Astronauts Michael Foreman and Robert Behnken had to replace a
bad circuit breaker at the space station before tackling the
long-awaited repair test, which was ordered up after the 2003
Columbia tragedy.
NASA was anxious to see how well Foreman could squeeze the
salmon-colored goo from the caulk gun-like dispenser and fill holes
in deliberately damaged tile samples that were carried up aboard
Endeavour.
Even more of a mystery was how the goo would behave: Engineers
were curious about whether bubbles would form and rise to the top
as they do on Earth or whether any bubbles would remain inside the
material and cause it to swell.
This so-called rising bread-loaf effect could jeopardize a
repair and endanger a crew during re-entry.
"It will be nice to have this under our belt, to know ahead
of time," said flight director Mike Moses.
"This will give us that extra confidence boost" if
astronauts ever have to use the repair method for real, he added.
The goo-filled tile samples will be returned to Earth aboard
Endeavour for analysis.
Moses described the goo as sticky orange toothpaste. While the
recipe is secret _ for proprietary reasons - the material is said
to have a silicone base with an alcohol polymer to make it flow.
The spacewalkers will dispense about a couple milk jugs' worth
of the stuff, Moses said.
Since the loss of Columbia, astronauts in orbit have tested
other methods for repairing a shuttle's thermal shielding, but
never this one. It was supposed to get a tryout on a shuttle flight
last fall, but a torn solar wing at the space station took
priority.
The hole in Columbia's wing was so big _ about the size of a
dinner plate _ that none of NASA's new repair methods would
have kept the shuttle safe during re-entry, even if they had been
available back then. The goo being tested Thursday night is
intended for the approximately 24,000 silica tiles on the
shuttle's belly and elsewhere, not the 22 reinforced carbon
panels that line each wing and take the brunt of re-entry heat.
Of the 11 remaining shuttle flights, all but one will be headed
to the space station, which could serve as a refuge if there was
irreparable damage to the shuttle and it was too risky to bring it
back to Earth. For the Hubble Space Telescope mission at the end of
August _ where no such refuge exists _ a second shuttle will be at
the launch pad ready to fly to the rescue if necessary.

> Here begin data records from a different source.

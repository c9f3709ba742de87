//! Pictures of answers.
use refusing::Refusing;
use std::alloc::{Allocator, Global};
use std::test::Fail;
use test_runs::devices::{Failure, Sink};
use test_runs::examples::{Example, answer_in, worked};
use test_runs::growths::{Ended, refuse_each_growth};
use test_runs::runs::{Ending, LAYOUTS, ending_of, ensure};
use tf_picture::run_picture::run_picture;
use tf_picture::view::View;
use tf_text::answer::layout::Layout;
use tf_text::counted::Counted;

mod texts;

use texts::{IDLE, NONE, ONE, Pictured};

fn picture_into<A: Allocator + Copy>(alloc: A, answer: &[u8], out: &mut Vec<u8>) -> Ending {
    let mut answer = Counted::new(answer);
    let mut writer = Counted::new(out);
    match run_picture(alloc, &View::whole(), &mut answer, &mut writer) {
        Ok(()) => Ending::Answered,
        Err(fault) => ending_of(&fault),
    }
}

/// The picture of an answer.
fn picture_of(rt: &HostRuntime, answer: &[u8]) -> Result<Vec<u8>, Fail> {
    let mut out = Vec::new(rt.alloc());
    let result = picture_into(rt.alloc(), answer, &mut out);
    ensure(result == Ending::Answered, "refused")?;
    Ok(out)
}

/// Whether the text has the words.
pub(crate) fn has(text: &[u8], words: &[u8]) -> bool {
    for at in 0..text.len() {
        if text[at..].starts_with(words) {
            return true;
        }
    }
    false
}

/// In how many lines of a text the words are.
fn lines_with(text: &[u8], words: &[u8]) -> usize {
    let mut count: usize = 0;
    for line in text.split(|byte| *byte == b'\n') {
        if has(line, words) {
            count = count.saturating_add(1);
        }
    }
    count
}

/// The picture of the example's answer has as many bars as that has pieces.
fn has_its_bars(rt: &HostRuntime, example: &Example, layout: Layout) -> Result<bool, Fail> {
    let answer = answer_in(rt, example, layout)?;
    let out = picture_of(rt, &answer)?;
    Ok(lines_with(&out, b"<title>job ") == lines_with(&answer, b"piece "))
}

#[test]
fn each_piece_has_its_bar(rt: HostRuntime) -> Result<(), Fail> {
    for example in worked() {
        for layout in LAYOUTS {
            ensure(has_its_bars(&rt, example, layout)?, example.name)?;
        }
    }
    Ok(())
}

#[test]
fn short_pieces_are_seen(rt: HostRuntime) -> Result<(), Fail> {
    let long = b"answer 1
problem 1||sumC
jobs 3
machines 1
value 0
piece 1 1 0 1
piece 2 1 1 3999999999999999999
piece 3 1 3999999999999999999 4000000000000000000
cert pairs
end
";
    let out = picture_of(&rt, long)?;
    let is_seen = lines_with(&out, b" width=\"50\" ") == 2
        && lines_with(&out, b" stroke=\"none\"") == 2
        && has(&out, b"<text x=\"59999\" y=\"10968\">2</text>");
    ensure(
        is_seen,
        "no least width, an edge that hides the fill, or no number",
    )
}

#[test]
fn pieces_on_further_machines_count_in_the_length_alone(rt: HostRuntime) -> Result<(), Fail> {
    let further = b"answer 1
problem 1||sumwT
jobs 1
machines 1
value 0
piece 1 1 0 1
piece 1 7 0 3
cert pairs
end
";
    let out = picture_of(&rt, further)?;
    let is_so = lines_with(&out, b"<title>job ") == 1 && has(&out, b"jobs 1, machines 1, length 3");
    ensure(is_so, "another number of bars, or another length")
}

#[test]
fn a_writer_that_fails_has_a_prefix(rt: HostRuntime) -> Result<(), Fail> {
    for call in 1..100u64 {
        ensure(has_prefix(&rt, call), "no prefix, or called again")?;
    }
    Ok(())
}

/// Where this call of the writer fails, 17 bytes were taken in each call before it.
fn has_prefix(rt: &HostRuntime, call: u64) -> bool {
    let mut sink = Sink::new(rt.alloc()).by(17).failing(Failure::once(call));
    let outcome = picture_on(rt, &mut sink);
    let taken = sink.taken();
    outcome == Ending::Device
        && sink.calls() == call
        && (taken.len() as u64 / 17).checked_add(1) == Some(call)
        && taken.len() % 17 == 0
        && IDLE.picture.starts_with(taken)
}

fn picture_on(rt: &HostRuntime, sink: &mut Sink) -> Ending {
    let mut answer = Counted::new(IDLE.answer);
    let mut writer = Counted::new(sink);
    match run_picture(rt.alloc(), &View::whole(), &mut answer, &mut writer) {
        Ok(()) => Ending::Answered,
        Err(fault) => ending_of(&fault),
    }
}

fn pictures_on(alloc: Global, heap: &Refusing<Global>, pictured: &Pictured) -> Result<Ended, Fail> {
    let mut out = Vec::with_capacity(alloc, 5_000)?;
    match picture_into(heap, pictured.answer, &mut out) {
        Ending::Answered if out.as_slice() == pictured.picture => Ok(Ended::Answered),
        Ending::OutOfMemory if out.is_empty() => Ok(Ended::OutOfMemory),
        _ => Err(Fail::new(pictured.name)),
    }
}

fn is_pictured(rt: &HostRuntime, pictured: &Pictured) -> Result<bool, Fail> {
    let alloc = rt.alloc();
    let call = |heap: &Refusing<Global>| pictures_on(alloc, heap, pictured);
    Ok(refuse_each_growth(rt, call)? > 3)
}

#[test]
fn schedules_are_pictured_whatever_growth_is_refused(rt: HostRuntime) -> Result<(), Fail> {
    for pictured in &[&ONE, &IDLE, &NONE] {
        ensure(is_pictured(&rt, pictured)?, pictured.name)?;
    }
    Ok(())
}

One more spacewalk is planned for Endeavour's 12-day space
station visit.
On Saturday night, Foreman and Behnken will go back out to move
their ship's inspection boom over to the space station for use
by the next shuttle crew. The Japanese lab, Kibo, is so big that
there won't be enough room for a boom in Discovery's
payload bay. That mission is scheduled for late May.
___
On the Net:
NASA:
http://spaceflight.nasa.gov
Copyright 2008 The Associated Press. All rights reserved. This material may not be published, broadcast, rewritten or redistributed.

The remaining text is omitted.